REQUIREMENT: The lines to copy are those in the listing that hold the word "specs".

INPUT START

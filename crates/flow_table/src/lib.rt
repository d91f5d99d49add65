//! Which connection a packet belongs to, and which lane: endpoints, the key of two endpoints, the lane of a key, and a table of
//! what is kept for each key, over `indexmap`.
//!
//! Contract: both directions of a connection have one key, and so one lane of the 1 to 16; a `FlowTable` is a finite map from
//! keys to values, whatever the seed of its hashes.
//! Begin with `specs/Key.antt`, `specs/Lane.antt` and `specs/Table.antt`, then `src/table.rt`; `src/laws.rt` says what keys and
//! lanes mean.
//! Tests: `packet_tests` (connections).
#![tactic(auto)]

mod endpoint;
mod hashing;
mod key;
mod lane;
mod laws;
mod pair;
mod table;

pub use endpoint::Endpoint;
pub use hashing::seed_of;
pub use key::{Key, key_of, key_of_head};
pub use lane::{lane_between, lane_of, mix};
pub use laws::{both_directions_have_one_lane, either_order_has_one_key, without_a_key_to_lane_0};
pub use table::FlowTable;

INPUT END
INPUT START

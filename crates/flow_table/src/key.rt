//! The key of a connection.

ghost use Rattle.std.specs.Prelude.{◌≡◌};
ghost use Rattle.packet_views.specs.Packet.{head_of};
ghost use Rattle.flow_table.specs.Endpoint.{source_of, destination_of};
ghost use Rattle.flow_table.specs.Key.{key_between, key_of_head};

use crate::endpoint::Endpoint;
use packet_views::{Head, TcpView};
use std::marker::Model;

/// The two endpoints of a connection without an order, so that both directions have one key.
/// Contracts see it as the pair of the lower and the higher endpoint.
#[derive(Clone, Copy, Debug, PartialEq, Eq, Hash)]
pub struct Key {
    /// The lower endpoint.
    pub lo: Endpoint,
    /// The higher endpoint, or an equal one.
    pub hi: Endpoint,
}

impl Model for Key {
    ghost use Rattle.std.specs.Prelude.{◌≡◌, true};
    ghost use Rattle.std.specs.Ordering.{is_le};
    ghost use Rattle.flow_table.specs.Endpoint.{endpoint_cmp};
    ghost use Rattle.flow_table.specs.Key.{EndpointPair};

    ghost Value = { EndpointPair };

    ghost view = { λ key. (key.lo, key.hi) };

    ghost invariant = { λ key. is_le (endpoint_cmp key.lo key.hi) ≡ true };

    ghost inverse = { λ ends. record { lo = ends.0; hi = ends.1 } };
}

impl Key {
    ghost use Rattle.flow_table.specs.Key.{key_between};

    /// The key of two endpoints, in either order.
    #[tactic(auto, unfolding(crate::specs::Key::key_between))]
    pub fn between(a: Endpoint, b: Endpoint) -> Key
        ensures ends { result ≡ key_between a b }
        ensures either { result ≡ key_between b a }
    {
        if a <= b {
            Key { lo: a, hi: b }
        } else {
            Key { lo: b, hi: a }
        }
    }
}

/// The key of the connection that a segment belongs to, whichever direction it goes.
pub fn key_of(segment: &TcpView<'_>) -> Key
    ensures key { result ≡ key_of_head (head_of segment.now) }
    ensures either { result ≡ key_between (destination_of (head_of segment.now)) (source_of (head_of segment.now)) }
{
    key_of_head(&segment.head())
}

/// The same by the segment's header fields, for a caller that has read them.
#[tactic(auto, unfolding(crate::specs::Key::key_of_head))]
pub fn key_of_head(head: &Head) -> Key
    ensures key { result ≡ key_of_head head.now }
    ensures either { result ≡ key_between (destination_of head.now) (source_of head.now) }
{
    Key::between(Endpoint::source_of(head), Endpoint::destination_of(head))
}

INPUT END

REPLY TO THE TASK:
//! Begin with `specs/Key.antt`, `specs/Lane.antt` and `specs/Table.antt`, then `src/table.rt`; `src/laws.rt` says what keys and
ghost use Rattle.std.specs.Prelude.{◌≡◌};
ghost use Rattle.packet_views.specs.Packet.{head_of};
ghost use Rattle.flow_table.specs.Endpoint.{source_of, destination_of};
ghost use Rattle.flow_table.specs.Key.{key_between, key_of_head};
    ghost use Rattle.std.specs.Prelude.{◌≡◌, true};
    ghost use Rattle.std.specs.Ordering.{is_le};
    ghost use Rattle.flow_table.specs.Endpoint.{endpoint_cmp};
    ghost use Rattle.flow_table.specs.Key.{EndpointPair};
    ghost use Rattle.flow_table.specs.Key.{key_between};
    #[tactic(auto, unfolding(crate::specs::Key::key_between))]
#[tactic(auto, unfolding(crate::specs::Key::key_of_head))]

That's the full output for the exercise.